Industrial & Engineering Chemistry Research, Vol.57, No.29, 9604-9614, 2018
Online Quality Prediction of Industrial Terephthalic Acid Hydropurification Process Using Modified Regularized Slow-Feature Analysis
Purified terephthalic acid (PTA) is an important product for the polyester and textile industry. In the industrial PTA-production process, 4-carboxybenzaldehyde (4-CBA) is a detrimental byproduct that can lower the polymerization rate and the average molecular weight of the polymer. Therefore, the content of 4-CBA in the final product can be used as a quality index to evaluate the current running status of the PTA-production process. However, because of the slow catalyst deactivation, this process is notable for its nonlinearity and dynamics. It is very difficult to obtain the 4-CBA-content values using traditional prediction methods from the process directly in real-time.

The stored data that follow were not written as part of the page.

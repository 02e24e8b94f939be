ghost use Rattle.std.specs.Prelude.{◌≡◌, ◌≢◌, ◌≤◌, ◌++◌, ◌||◌, ℕ, Bool, List, [], take, length, IfErr, IfOk, OnOk};
ghost use Rattle.connections.specs.declared.ending.SessionFault.{SessionFault};

use crate::SessionFault;
use std::alloc::{AllocError, Global};

/// Sessions that hear bytes and are answered, each by its number.
pub trait Sessions {
    // The sessions before, the number of one, and the sessions once it is opened.
    ghost opens: { Self → ℕ → Self → Type 0 };

    // The sessions, the number of one that cannot be opened, and why.
    ghost refuses: { Self → ℕ → SessionFault → Type 0 };

    // The sessions before, the number of one, the part that it hears, what it is answered, and the sessions
    // after.
    ghost hears: { Self → ℕ → List ℕ → List ℕ → Self → Type 0 };

    // The sessions before, the number of one, the part that it does not hear, why, and the sessions after.
    ghost misses: { Self → ℕ → List ℕ → SessionFault → Self → Type 0 };

    // The sessions before, the number of one, and the sessions once it is ended.
    ghost ends: { Self → ℕ → Self → Type 0 };

    // Whether an answer says that what was asked could not be kept.
    ghost is_unkept: { List ℕ → Bool };

    // Whether one of these sessions was answered so.
    ghost any_unkept: { Self → Bool };

    /// Opens a session.
    ///
    /// # Errors
    ///
    /// `Refused` if its number is in use or too many are open; `Memory`. Nothing is done.
    fn open(&mut self, session: usize) -> Result<(), SessionFault>
        ensures ok { OnOk result (opens self.old session self.new) }
        ensures err { IfErr result (λ fault. (self.new ≡ self.old) × refuses self.old session fault) };

    /// Has a session hear a part of the bytes, from their front on, of so many that it returns. What it is
    /// answered is appended to the output.
    ///
    /// # Errors
    ///
    /// `Memory`, or `Refused` if its number is not in use. The session is to be ended.
    fn hear(
        &mut self,
        session: usize,
        bytes: &[u8],
        output: &mut Vec<u8>,
    ) -> Result<usize, SessionFault>
        requires { bytes.now ≢ [] }
        ensures ok { IfOk result (λ count. (1 ≤ count) × (count ≤ length bytes.now)
            × (reply : List ℕ) × hears self.old session (take count bytes.now) reply self.new
            × (output.new.items ≡ output.old.items ++ reply)) }
        ensures err { IfErr result (λ fault. (count : ℕ) × (1 ≤ count) × (count ≤ length bytes.now) × misses self.old session (take count bytes.now) fault self.new) };

    /// Ends a session.
    fn end(&mut self, session: usize)
        ensures { ends self.old session self.new };

    /// Whether an answer so far said that what was asked could not be kept.
    fn has_unkept(&self) -> bool
        ensures { result ≡ any_unkept self.now };

    /// Says what they were asked so far, for a report, in words `key=value`. No clause speaks of them.
    fn report(&self, alloc: Global) -> Result<String, AllocError>;

    // Only an answer changes that.
    ghost opens_as: { (before : Self) (session : ℕ) (after : Self) → opens before session after → any_unkept after ≡ any_unkept before };

    ghost hears_as: { (before : Self) (session : ℕ) (part reply : List ℕ) (after : Self) → hears before session part reply after → any_unkept after ≡ (is_unkept reply || any_unkept before) };

    ghost misses_as: { (before : Self) (session : ℕ) (part : List ℕ) (why : SessionFault) (after : Self) → misses before session part why after → any_unkept after ≡ any_unkept before };

    ghost ends_as: { (before : Self) (session : ℕ) (after : Self) → ends before session after → any_unkept after ≡ any_unkept before };
}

For a better estimation of the status of the PTA-production process, a novel, online quality-prediction method based on modified regularized slow-feature analysis (ReSFA) is proposed in this paper for predicting the concentration of 4-CBA. The proposed method can handle the dynamics of the process better by exploring the temporal relationship of the input variables and incorporating the neighboring relationships of the input and output variables. Meanwhile, a modified just-in-time-learning method is introduced to deal with nonlinearity to improve online prediction performance. Finally, a case study is conducted with data sampled from a practical industrial terephthalic acid hydropurification process to demonstrate the effectiveness and superiority of the proposed method.